Idiomatic way to express errors without resorting to exceptions

Sebastiaan Koppe mail at skoppe.eu
Sat Feb 29 15:23:02 UTC 2020


On Saturday, 29 February 2020 at 13:40:11 UTC, Adnan wrote:
> On Saturday, 29 February 2020 at 13:03:21 UTC, Sebastiaan Koppe 
> wrote:
>> On Saturday, 29 February 2020 at 12:50:59 UTC, Adnan wrote:
>>> * Option!T from the optional package: Has even worse problem 
>>> IMO. Not only it allows None + int but also it returns a 
>>> `[]`. This API is not to my liking. You could say well 
>>> Haskell has fmap for Optional etc, and I am aware of that, so 
>>> does Rust with map etc. But I am talking about basic things: 
>>> like `+`.
>>
>> I would argue it is one of its strengths.
>
> Doesn't that pretty much defeat the entire purpose of 
> type-guarding a potentially error/absent value?

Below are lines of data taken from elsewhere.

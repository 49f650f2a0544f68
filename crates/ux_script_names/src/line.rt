//! Lines with names: of a header, of a process, and comments that expect something.

use crate::fault::NameFault;
use crate::names::Names;
use crate::scope::Named;
use crate::words::{WordFault, line_for};
use std::alloc::{AllocError, Global};
use ux_types::Pid;

/// Whether a word may be a name: a letter or `_`, and behind it letters, digits and `_`.
pub(crate) fn is_name(word: &[u8]) -> bool {
    match word {
        [first, rest @ ..] => {
            (first.is_ascii_alphabetic() || *first == b'_')
                && rest
                    .iter()
                    .all(|byte| byte.is_ascii_alphanumeric() || *byte == b'_')
        }
        [] => false,
    }
}

/// The words with which lines begin that aren't a process's.
const HEADS: &[&[u8]] = &[b"serial", b"wide", b"object", b"proc", b"off"];

/// Whether a line is a process's: it has a word first that no other line has.
pub(crate) fn is_of_process(text: &[u8]) -> bool {
    match text.split(|byte| *byte == b' ').next() {
        Some(first) => { !first.is_empty() && !first.starts_with(b"#") && !HEADS.contains(&first) }
        None => false,
    }
}

/// A name where one is to stand.
pub(crate) fn name_of(alloc: Global, line: usize, word: &[u8]) -> Result<(), NameFault> {
    if is_name(word) {
        return Ok(());
    }
    if word.is_empty() {
        return Err(NameFault::Missing(line));
    }
    let text = String::from_utf8_lossy(alloc, word)?;
    Err(NameFault::NoName(line, text))
}

/// Names a process, unless another line begins with the name.
pub(crate) fn name_process(
    alloc: Global,
    names: &mut Names,
    pid: Pid,
    line: usize,
    name: &[u8],
) -> Result<(), NameFault> {
    if names.process(name).is_some() || HEADS.contains(&name) {
        let text = String::from_utf8_lossy(alloc, name)?;
        return Err(NameFault::Taken(line, text));
    }
    names.name_process(alloc, name, pid)?;
    Ok(())
}

/// A line of a header without the name of a process, which gets this number, if it has one.
pub(crate) fn header_line(
    alloc: Global,
    names: &mut Names,
    pid: Pid,
    line: usize,
    text: &[u8],
) -> Result<Vec<u8>, NameFault> {
    let words = text
        .split(|byte| *byte == b' ')
        .collect::<Vec<&[u8]>>(alloc)?;
    let named = words.len() == 6 && words[0] == b"proc".as_slice() && is_name(words[1]);
    if !named {
        return Ok(Vec::from_slice(alloc, text)?);
    }
    let name = words[1];
    name_process(alloc, names, pid, line, name)?;
    let mut plain = Vec::from_slice(alloc, b"proc ")?;
    plain.extend_from_slice(&text[name.len() + 6..])?;
    Ok(plain)
}

/// What stands before and behind a word `->`.
fn split_at_arrow(text: &[u8]) -> Option<(&[u8], &[u8])> {
    let place = text.windows(4).position(|part| part == b" -> ".as_slice())?;
    Some((text.get(..place)?, text.get(place.checked_add(4)?..)?))
}

/// A line of a process: what asks for its call, and the names of what the call gives.
#[derive(Drop)]
pub(crate) struct Asking<'a> {
    pub(crate) call: &'a [u8],
    pub(crate) names: Vec<&'a [u8]>,
}

/// The parts of a process's line.
pub(crate) fn parts_of_line<'a>(
    alloc: Global,
    line: usize,
    text: &'a [u8],
) -> Result<Asking<'a>, NameFault> {
    if text.ends_with(b" ->") {
        return Err(NameFault::Missing(line));
    }
    let Some((call, names)) = split_at_arrow(text) else {
        return Ok(Asking {
            call: text,
            names: Vec::new(alloc),
        });
    };
    let names = names
        .split(|byte| *byte == b' ')
        .collect::<Vec<&[u8]>>(alloc)?;
    for name in &names {
        name_of(alloc, line, name)?;
    }
    Ok(Asking { call, names })
}

/// A line in which the name of a process that stands first, or behind `wait`, is its number.
pub(crate) fn with_processes(
    alloc: Global,
    names: &Names,
    text: &[u8],
) -> Result<Vec<u8>, AllocError> {
    let mut plain = Vec::new(alloc);
    let mut waits = false;
    for (place, word) in text.split(|byte| *byte == b' ').enumerate() {
        if place > 0 {
            plain.extend_from_slice(b" ")?;
        }
        let stands = place == 0 || (place == 2 && waits);
        match names.process(word) {
            Some(pid) if stands => {
                let number = pid.0;
                let digits = format!(in alloc; "{number}")?;
                plain.extend_from_slice(digits.as_bytes())?;
            }
            _ => plain.extend_from_slice(word)?,
        }
        waits = waits || (place == 1 && word == b"wait".as_slice());
    }
    Ok(plain)
}

/// The number of the process with which a line begins, if it begins with one.
pub(crate) fn process_of(text: &[u8]) -> Option<Pid> {
    let first = text.split(|byte| *byte == b' ').next()?;
    let digits = str::from_utf8(first).ok()?;
    digits.parse::<u32>().ok().map(Pid)
}

/// The line in which each `$NAME` is the number that it means in a line of this process.
pub(crate) fn with_numbers(
    alloc: Global,
    names: &Names,
    scope: &Vec<Named>,
    pid: Pid,
    line: usize,
    text: &[u8],
) -> Result<Vec<u8>, NameFault> {
    match line_for(alloc, scope, text) {
        Ok(plain) => Ok(plain),
        Err(WordFault::NoMemory) => Err(NameFault::NoMemory),
        Err(WordFault::Nameless(name)) => Err(names.fault_of(alloc, pid, line, &name)?),
    }
}
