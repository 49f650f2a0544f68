//! Scripts as people type them.

use crate::constants::word_for;
use crate::polls::polls_line;
use std::alloc::{AllocError, Global};
use ux_syntax::tidy_text;

/// The first line of a script that may have all calls, and runs in any order.
const WIDE: &[u8] = b"wide";

/// A script as it is read.
#[derive(Debug, Drop)]
pub struct Typed {
    /// Its text, with words one blank apart, without comments behind calls, with words for constants of manual pages, with
    /// `polls` and a list in place of `poll` of several descriptors, and with `serial` in place of `wide`.
    pub text: Vec<u8>,
    /// Whether it has the line `wide`.
    pub wide: bool,
    /// Whether it has constants of manual pages, numbers behind `0x`, or `poll` of several descriptors.
    pub constants: bool,
}

/// Where the line `wide` begins, if it is the first line that says something.
fn place_of_wide(text: &[u8]) -> Option<usize> {
    let mut place = 0usize;
    for line in text.split(|byte| *byte == b'\n') {
        if !line.is_empty() && !line.starts_with(b"#") {
            return (line == WIDE).then_some(place);
        }
        place = place.checked_add(line.len())?.checked_add(1)?;
    }
    None
}

/// Whether a word that begins outside of text, or within it, ends within.
fn ends_in_text(word: &[u8], begins_in_text: bool) -> bool {
    let mut inside = begins_in_text;
    let mut escaped = false;
    for byte in word {
        if *byte == b'"' && !escaped {
            inside = !inside;
        }
        escaped = inside && *byte == b'\\' && !escaped;
    }
    inside
}

/// Adds a line with words for constants, but in its text.
fn put_line(alloc: Global, out: &mut Vec<u8>, line: &[u8]) -> Result<(), AllocError> {
    let mut in_text = false;
    for (place, word) in line.split(|byte| *byte == b' ').enumerate() {
        if place > 0 {
            out.push(b' ')?;
        }
        let plain = if in_text {
            None
        } else {
            word_for(alloc, word)?
        };
        match plain {
            Some(plain) => out.extend_from_slice(&plain)?,
            None => out.extend_from_slice(word)?,
        }
        in_text = ends_in_text(word, in_text);
    }
    Ok(())
}

/// A text with words for the constants in its lines, and a list for each poll of several, but for comments.
fn with_words(alloc: Global, text: &[u8]) -> Result<Vec<u8>, AllocError> {
    let mut out = Vec::new(alloc);
    for (place, line) in text.split(|byte| *byte == b'\n').enumerate() {
        if place > 0 {
            out.push(b'\n')?;
        }
        if line.starts_with(b"#") {
            out.extend_from_slice(line)?;
        } else if let Some(polls) = polls_line(alloc, line)? {
            out.extend_from_slice(&polls)?;
        } else {
            put_line(alloc, &mut out, line)?;
        }
    }
    Ok(out)
}

/// How a script is read that is typed so.
///
/// # Errors
///
/// `AllocError` where memory runs out.
pub fn as_typed(alloc: Global, text: &[u8]) -> Result<Typed, AllocError> {
    let tidy = tidy_text(alloc, text)?;
    let plain = with_words(alloc, &tidy)?;
    let constants = plain.as_slice() != tidy.as_slice();
    let Some(place) = place_of_wide(&plain) else {
        return Ok(Typed {
            text: plain,
            wide: false,
            constants,
        });
    };
    let mut wide = Vec::from_slice(alloc, plain.get(..place).unwrap_or(&[]))?;
    wide.extend_from_slice(b"serial")?;
    let behind = place.saturating_add(WIDE.len());
    wide.extend_from_slice(plain.get(behind..).unwrap_or(&[]))?;
    Ok(Typed {
        text: wide,
        wide: true,
        constants,
    })
}
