/// A name of the abstract namespace that no socket has is given by such a call alone.
pub fn abstract_names_are_asked_for()
    ensures { AbstractNamesAreAsked }
{}

/// So is a path that leads to no such socket.
pub fn paths_are_asked_for()
    ensures { PathsAreAsked }
{}

/// A bind that is answered ok finds its socket without a name, and leaves it one that was asked for and that leads to it.
pub fn binds_name_their_socket()
    ensures { BindsName }
{}

/// A new socket has no name, but the server's end that a connect makes: that has its listener's.
pub fn new_sockets_have_no_name()
    ensures { NewSocketsHaveNoName }
{}

/// Once its peer is gone, a connected socket stays without one, and no ECONNRESET comes to be pending.
pub fn ends_are_for_ever()
    ensures { EndsAreForEver }
{}

/// ECONNRESET comes to be pending at a connected socket only by the call that frees its peer.
pub fn resets_are_of_losses()
    ensures { ResetsAreOfLosses }
{}

/// A close, a dup2, an exec or an exit that frees the peer makes ECONNRESET pending exactly where the peer had
/// messages that nobody had read, or where no accept had taken it.
pub fn losses_reset()
    ensures { LossesReset }
{}

/// A send or a write to a peer that is gone takes nothing.
pub fn sends_find_nobody()
    ensures { SendsFindNobody }
{}

/// A write to a peer that is gone is answered EPIPE.
pub fn writes_break()
    ensures { WritesBreak }
{}

/// So is one where the socket is shut down for writing, or its peer for reading.
pub fn writes_are_cut_off()
    ensures { WritesAreCutOff }
{}

/// So is a plain send, which gives no address and no control buffer.
pub fn sends_break()
    ensures { SendsBreak }
{}

/// Any send there is refused, and why: for its flags, its control buffer or its address, else as a broken pipe.
pub fn sends_are_cut_off()
    ensures { SendsAreRefused }
{}

/// A send or a write that is answered a count took so many of its bytes: its target has one message more, behind
/// all others, with exactly these. A datagram or a record goes whole; of a stream's bytes go as many as there is
/// room for, at least one.
pub fn sends_count_what_they_take()
    ensures { SendsCount }
{}

/// A socket that is connected stays so, to the same peer, as long as it is there, and that to it.
pub fn connections_stay()
    ensures { ConnectionsStay }
{}

/// A read at a socket whose peer is gone gives what is queued; then it is answered ECONNRESET where that is pending,
/// which clears it; then no bytes. It never waits.
pub fn reads_tell_the_end()
    ensures { ReadsTellTheEnd }
{}

/// So does a receive.
pub fn receives_tell_the_end()
    ensures { ReceivesTellTheEnd }
{}

/// A read of some bytes is given none only at the end of input (its socket is shut down for reading, its peer for
/// writing or gone, and nothing is queued), or for a packet without bytes.
pub fn reads_tell_no_false_end()
    ensures { ReadsEndTruly }
{}

/// So is a receive.
pub fn receives_tell_no_false_end()
    ensures { ReceivesEndTruly }
{}

/// What a receive or a peek gives at a stream are the first bytes that wait there, no more than it asked for.
pub fn receives_give_the_first_bytes()
    ensures { ReceivesGiveTheFirst }
{}

/// So is what a read gives.
pub fn reads_give_the_first_bytes()
    ensures { ReadsGiveTheFirst }
{}

/// A peek leaves each queue as it is.
pub fn peeks_take_nothing()
    ensures { PeeksTakeNothing }
{}

/// Where nothing waits, a receive or a peek that isn't refused gives nothing: no bytes, no control and no sender.
pub fn empty_queues_give_nothing()
    ensures { EmptyQueuesGiveNothing }
{}

/// So does a read.
pub fn empty_queues_read_as_nothing()
    ensures { EmptyQueuesReadAsNothing }
{}

/// A receive that is answered EAGAIN finds nothing at its socket, whose input isn't over.
pub fn receives_wait()
    ensures { ReceivesWait }
{}

/// So does a read.
pub fn reads_wait()
    ensures { ReadsWait }
{}

/// A wait to receive ends by a send to the socket, by a shutdown of it or of its peer, or by a call that frees the
/// peer. After any other call a receive there would still wait.
pub fn what_ends_a_wait_to_receive()
    ensures { WaitsEnd }
{}

/// An accept is answered EAGAIN only where no end waits at the listening socket that it is called on.
pub fn accepts_wait()
    ensures { AcceptsWait }
{}

/// A wait to accept ends by a connect to the listener alone: after any other call no end waits still.
pub fn what_ends_a_wait_to_accept()
    ensures { AcceptWaitsEnd }
{}

/// A send of a stream or seqpacket socket is answered EAGAIN only where the peer's queue has no room.
pub fn sends_wait()
    ensures { SendsWait }
{}

/// So is a write.
pub fn writes_wait()
    ensures { WritesWait }
{}

/// A wait to send ends by a receive that takes something at the peer, by a new limit of its queue, by a shutdown of
/// it or of the sender, or by a call that frees it. After any other call the queue has no room still.
pub fn what_ends_a_wait_to_send()
    ensures { SendWaitsEnd }
{}

/// A connect of a stream or seqpacket socket is answered EAGAIN only where its address leads to a listening socket
/// whose backlog has no place.
pub fn connects_wait()
    ensures { ConnectsWait }
{}

/// A wait to connect ends by an accept at the listener or a listen on it: after any other call its backlog has no
/// place still, as long as the listener is there.
pub fn what_ends_a_wait_to_connect()
    ensures { ConnectWaitsEnd }
{}

/// A receive that asks for something is answered EAGAIN exactly while nothing is there: nothing is queued, input isn't
/// over, and no ECONNRESET is pending.
pub fn receives_wait_exactly_for_input()
    ensures { ReceivesWaitWhile }
{}

/// So is a read.
pub fn reads_wait_exactly_for_input()
    ensures { ReadsWaitWhile }
{}

/// At a datagram socket, or a connected one, either something is there or a receive has to wait: a message, a shutdown
/// for reading, a pending ECONNRESET, or a peer that is gone or shut down for writing.
pub fn input_or_wait()
    ensures { InputOrWait }
{}

/// A send of some bytes, or of a datagram or a record, brings it to its target; a shutdown to the socket or to its
/// peer; and the peer's loss. So the next receive there isn't answered EAGAIN.
pub fn input_comes()
    ensures { InputsCome }
{}

/// While the process has a number left, an accept is answered EAGAIN exactly while no end waits at the listener.
pub fn accepts_wait_exactly_for_ends()
    ensures { AcceptsWaitWhile }
{}

/// A connect of a stream or seqpacket socket that is answered ok brings an end to the listener: so the next accept there
/// isn't answered EAGAIN.
pub fn ends_come()
    ensures { EndsCome }
{}

/// A connect of an idle stream or seqpacket socket, by a name, is answered EAGAIN exactly while that leads to a
/// listening socket whose backlog has no place.
pub fn connects_wait_exactly_for_a_place()
    ensures { ConnectsWaitWhile }
{}

/// A plain send through a connected socket, of some bytes or of a record that isn't too long, is answered EAGAIN exactly
/// while the peer's queue has no room, the socket isn't shut down for writing, nor the peer for reading.
pub fn sends_wait_exactly_for_room()
    ensures { SendsWaitWhile }
{}

/// So is a write.
pub fn writes_wait_exactly_for_room()
    ensures { WritesWaitWhile }
{}

/// A plain send of a datagram that isn't too long, by an address or by an association, is answered EAGAIN exactly while its
/// target takes datagrams of the socket and its queue has no room, the socket isn't shut down for writing, nor the target for
/// reading.
pub fn datagrams_wait_exactly_for_room()
    ensures { DatagramsWaitWhile }
{}

/// So is a write, which goes where the socket is associated.
pub fn datagram_writes_wait_exactly_for_room()
    ensures { DatagramWritesWaitWhile }
{}

/// A send with a control buffer is answered EAGAIN, unless memory runs out, exactly where it is in order and the queue that it
/// would go to has no room. It is in order where its flags, its control buffer and its address are ones that a send takes,
/// its rights are open, its credentials may be told, and its user has few enough rights in flight.
pub fn messages_wait_exactly_for_room()
    ensures { MessagesWaitWhile }
{}

/// A receive makes room in the queue that it takes a record from, or bytes enough that fewer than the limit are left; so does
/// a new limit above what waits.
pub fn queues_get_room()
    ensures { QueuesGetRoom }
{}

/// So the next call isn't answered EAGAIN, where that sends to the socket of the queue: through a connected one, by an
/// association, or by an address.
pub fn sends_find_room()
    ensures { SendsFindRoom }
{}

/// Through a connected socket either a send needs no room or it has to wait for some: it needs none where the peer's queue
/// has room, where the socket is shut down for writing, and where the peer is shut down for reading or gone.
pub fn room_or_wait()
    ensures { RoomOrWait }
{}

/// After a call that makes room in the peer's queue, a shutdown of the socket for writing or of its peer for reading, or the
/// peer's loss, a send through the connected socket needs no room.
pub fn rooms_come()
    ensures { RoomsCome }
{}

/// So the next call, where that is a send or a write through it, isn't answered EAGAIN.
pub fn sends_go_on()
    ensures { SendsGoOn }
{}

Like I said, I don't use optionals when I care about errors. That 
is not what they are designed for.

If I want to type-guard potential errors I will use SumType!(T, 
Error). It forces you to handle both cases, either at compile 
time (with the match template), or at runtime (with the tryMatch 
template).

The power of optionals, however, lies in the following:

```
list.first.doSomething();
```

Here doSomething will only be called when the list contains at 
least one item. Here I don't care about cases where the list is 
empty, I just want to doSomething if it isn't.